5. En deuxième lieu, d'une part, il résulte de l'ensemble des dispositions du livre VI du code de l'entrée et du séjour des étrangers et du droit d'asile que le législateur a entendu déterminer l'ensemble des règles de procédure administrative et contentieuse auxquelles sont soumises l'intervention et l'exécution des décisions pour lesquelles l'administration signifie à l'étranger l'obligation dans laquelle il se trouve de quitter le territoire français et les décisions accessoires qui l'accompagnent.
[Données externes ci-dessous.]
//! Demands and labels of a client and of a library that are joined. What `f` of the library gives, or what it keeps in a global, has to be public;
//! a client hands it a secret. The verdicts were worked by hand from the label rules: a secret reaches what is demanded, or nothing is secret. The
//! client's function is 1 of the joined program, as in its own.
use crate::modules::{HIDES, OWES_GLOBAL, OWES_RESULT, STUB, TELLS};
use bl_base::NoMemory;
use bl_outside::{MemoryShelf, MemorySink};
use std::alloc::Global;
use std::test::Fail;
use tests_calls::{are_done, say, shelf_of};

/// Each is hardened apart, and then the two are joined.
static APART: [&str; 3] = [
    "blade part library l f lib.wasm",
    "blade part client c f stub/lib.wasm main.wasm",
    "blade join i f c l",
];

/// Whether the certificate of a program without protects holds, and the verdicts on the joined program begin so behind it.
fn is_judged<'x>(
    alloc: Global,
    library: &'x [u8],
    client: &'x [u8],
    verdict: &[u8],
) -> Result<bool, NoMemory> {
    let mut shelf = shelf_of(
        alloc,
        &[
            ("lib.wasm", library),
            ("stub/lib.wasm", &STUB),
            ("main.wasm", client),
            ("f", b"function t t lib/f\n"),
            ("p", br#"{"paths":[],"weight":0}"#),
        ],
    )?;
    begins_so(alloc, &mut shelf, verdict)
}

/// Whether they do on these files.
fn begins_so(alloc: Global, shelf: &mut MemoryShelf, verdict: &[u8]) -> Result<bool, NoMemory> {
    if !are_done(alloc, shelf, &APART)? {
        return Ok(false);
    }
    let mut told = MemorySink::new(alloc, None);
    let status = say(alloc, shelf, "blade verify i p", &mut told)?;
    Ok(status == 0 && told.bytes().starts_with(verdict))
}

const YES: &[u8] = b"certificate yes\nstable yes\nconstant-time yes\nsafe yes\n";

const NO: &[u8] = b"certificate yes\nstable yes\nconstant-time no parameter 1 0 through ";

#[test]
fn what_a_library_gives_has_to_be_public(rt: HostRuntime) -> Result<(), Fail> {
    assert!(rt; is_judged(rt.alloc(), &OWES_RESULT, &TELLS, NO)?);
    assert!(rt; is_judged(rt.alloc(), &OWES_RESULT, &HIDES, YES)?);
    Ok(())
}

#[test]
fn what_a_library_keeps_has_to_be_public(rt: HostRuntime) -> Result<(), Fail> {
    assert!(rt; is_judged(rt.alloc(), &OWES_GLOBAL, &TELLS, NO)?);
    assert!(rt; is_judged(rt.alloc(), &OWES_GLOBAL, &HIDES, YES)?);
    Ok(())
}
Dès lors, les dispositions générales de l'article L. 121-1 du code des relations entre le public et l'administration, qui fixent les règles générales de procédure applicables aux décisions devant être motivées en vertu de l'article L. 211-2 du même code et prévoient notamment la mise en œuvre d'une procédure contradictoire préalable à leur édiction, ne peuvent être utilement invoquées par Mme et M. A à l'encontre des décisions contestées. Par suite, les moyens tirés du non-respect de la procédure contradictoire ne peuvent qu'être écartés.
6. D'autre part, il résulte de la jurisprudence de la Cour de justice de l'Union européenne que le droit d'être entendu fait partie intégrante du respect des droits de la défense, principe général du droit de l'Union. Ce droit se définit comme celui de toute personne de faire connaître, de manière utile et effective, son point de vue au cours d'une procédure administrative avant l'adoption de toute décision susceptible d'affecter de manière défavorable ses intérêts. Il ne saurait cependant être interprété en ce sens que l'autorité nationale compétente est tenue, dans tous les cas, d'entendre l'intéressé lorsque celui-ci a déjà eu la possibilité de présenter, de manière utile et effective, son point de vue sur la décision en cause. Le droit d'être entendu implique que l'autorité préfectorale, avant de prendre à l'encontre d'un étranger une décision portant obligation de quitter le territoire français, mette l'intéressé à même de présenter ses observations écrites et lui permettre, sur sa demande, de faire valoir des observations orales, de telles sorte qu'il puisse faire connaître, de manière utile et effective, son point de vue sur la mesure envisagée avant qu'elle n'intervienne.
7. Toutefois, dans le cas prévu au 4° de l'article L. 611-1 du code de l'entrée et du séjour des étrangers et du droit d'asile, où la décision faisant obligation de quitter le territoire français est prise après que la reconnaissance de la qualité de réfugié ou le bénéfice de la protection subsidiaire a été définitivement refusé à l'étranger ou si l'étranger ne bénéficie plus du droit de se maintenir sur le territoire français en application de l'article L. 542-1, l'obligation de quitter le territoire français découle nécessairement du défaut de reconnaissance de cette qualité ou de ce bénéfice. Le droit d'être entendu n'implique alors pas que l'administration ait l'obligation de mettre l'intéressé à même de présenter ses observations de façon spécifique sur la décision l'obligeant à quitter le territoire français, dès lors qu'il a pu être entendu à l'occasion de l'examen de sa demande d'asile.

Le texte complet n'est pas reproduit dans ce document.